UNBC announces free tuition for Lheidli T'enneh students
Lheidli T'enneh Nation will help cover student needs such as housing, food and transit
The University of Northern British Columbia (UNBC) and the Lheidli T'enneh First Nation hope a new partnership will help break down barriers for Lheidli T'enneh students.
The partnership, announced Wednesday, will offer two streams.
One stream is for Lheidli T'enneh students who meet UNBC admissions requirements. Those students will receive full tuition for their undergraduate degree.
The other is a transition program available for Lheidli T'enneh students who do not meet the admissions requirements but show strong academic promise. They will also receive tuition support.
The Lheidli T'enneh First Nation will help cover students' living expenses, including housing, food, transit, and textbooks.
UNBC's largest campus is in Prince George, which is Lheidli T'enneh territory.
Important support for students
Chief Clay Pountney with the Lheidli T'enneh First Nation says the goal is to allow students to focus solely on their studies.
"It gives them more of an incentive to actually do that [get a post-secondary education], knowing that hopefully they can pursue whatever they would like to," Pountney said.

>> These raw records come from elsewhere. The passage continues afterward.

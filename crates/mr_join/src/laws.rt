//! What the joined reply says of the replies that went into it.
ghost use Rattle.std.specs.Prelude.{◌≡◌, ℕ, List, Some, All, Ok};
ghost use Rattle.mr_text.specs.declared.item.Item.{Item};
ghost use Rattle.mr_text.specs.declared.request.Request.{Request};
ghost use Rattle.mr_text.specs.declared.reply.Reply.TheVariants.{Items};
ghost use Rattle.mr_join.specs.declared.leg_reply.LegReply.{LegReply};
ghost use Rattle.mr_join.specs.Join.{worst_of, joined_reply, IsWorst, AreHits, Acknowledges, HasSucceeded};

/// The worst reply is one of the replies, none is worse, and those before it are less bad.
pub fn worst_is_first_of_greatest()
    ensures { (replies : List LegReply) (worst : LegReply) → worst_of replies ≡ Some worst → IsWorst replies worst }
{}

/// Each item of an answer is what a leg of that get found under the key that the leg asked for.
pub fn items_are_hits()
    ensures { (request : Request) (replies : List LegReply) (items : List Item)
        → joined_reply request replies ≡ Items items
        → AreHits request replies items }
{}

/// A delete is acknowledged only where no leg of it failed.
pub fn acknowledged_by_all()
    ensures { (request : Request) (replies : List LegReply) → Acknowledges (joined_reply request replies)
        → All HasSucceeded replies }
{}
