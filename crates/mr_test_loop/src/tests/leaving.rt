//! Clients that leave while requests of theirs are under way.
use super::WIDE;
use super::playing::Step::{self, *};
use super::playing::play;
use mr_loop::{LinkEnd, Pause};

/// What a client asked who left is told to nobody, and not to who comes to its place.
static LEAVES: [Step; 12] = [
    Comes(0),
    Comes(1),
    Sends(0, b"get k\r\nget", Pause::NeedsBytes),
    Sends(1, b"get a\r\n", Pause::NeedsBytes),
    Leaves(0),
    Comes(0),
    Sends(0, b"get c\r\n", Pause::NeedsBytes),
    Asked(1, b"get k\r\nget a\r\nget c\r\n"),
    Says(
        1,
        b"VALUE k 0 1\r\nx\r\nEND\r\nVALUE a 0 1\r\ny\r\nEND\r\n",
        LinkEnd::Whole,
    ),
    Told(0, b""),
    Told(1, b"VALUE a 0 1\r\ny\r\nEND\r\n"),
    Says(1, b"VALUE c 0 1\r\nz\r\nEND\r\n", LinkEnd::Whole),
];

#[test]
fn what_was_left_is_told_to_nobody(rt: HostRuntime) {
    let mut run = play(&rt, rt.alloc(), 8, WIDE, &LEAVES);
    super::playing::is_told(&rt, 12, &mut run.proxy, 0, b"VALUE c 0 1\r\nz\r\nEND\r\n");
    super::number_is(&rt, 13, run.proxy.client_counts().came, 3);
    super::number_is(&rt, 14, run.proxy.client_counts().left, 1);
}
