//! Which of two replies the client is told of.
ghost use Rattle.std.specs.Prelude.{◌≡◌};
ghost use Rattle.mr_join.specs.Join.{badness_of, worse_of};

use crate::leg_reply::LegReply;

impl LegReply {
    /// How bad the reply is: 0 where the leg did what was asked, 1 where there was nothing to delete, 2 where it failed.
    pub fn badness(&self) -> u8
        ensures { result ≡ badness_of self.now }
    {
        match self {
            LegReply::Hit { .. } | LegReply::Miss | LegReply::Stored | LegReply::Deleted => 0,
            LegReply::NotFound => 1,
            LegReply::Failed(_) => 2,
        }
    }
}

/// The reply of greater badness, and `a` where both are as bad.
pub fn worse(a: LegReply, b: LegReply) -> LegReply
    ensures { result ≡ worse_of a b }
{
    if a.badness() < b.badness() { b } else { a }
}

Beverly Best, manager of aboriginal student engagement at UNBC's First Nations Centre, says existing bursaries and scholarships haven't gone far enough.
Best, who is from the Stellat'en First Nation, says while there is some funding available from Indigenous and Northern Affairs Canada, it's a common misconception that all Indigenous students in Canada get free tuition.
"I hold student loan debt just like many students across Canada," she said. "I think that's a myth that Canadians need to educate themselves — that it is just not true."
Reconciliation in action
She says this partnership is a step toward addressing some of the 94 calls to action put out by the Truth and Reconciliation Commission in 2015.
The commission looked at the legacy of Canada's historic residential school system. Government officials forcibly separated about 150,000 First Nation, Inuit and Métis children from their communities and forced them to attend the schools.
One of the commission's specific calls to action was to provide adequate funding for First Nations students seeking post-secondary education.
"We're not there yet," Best said.
"It's not going to happen overnight, but if we continue on paths like this, especially with partnerships like this ... I think that's the way of the future."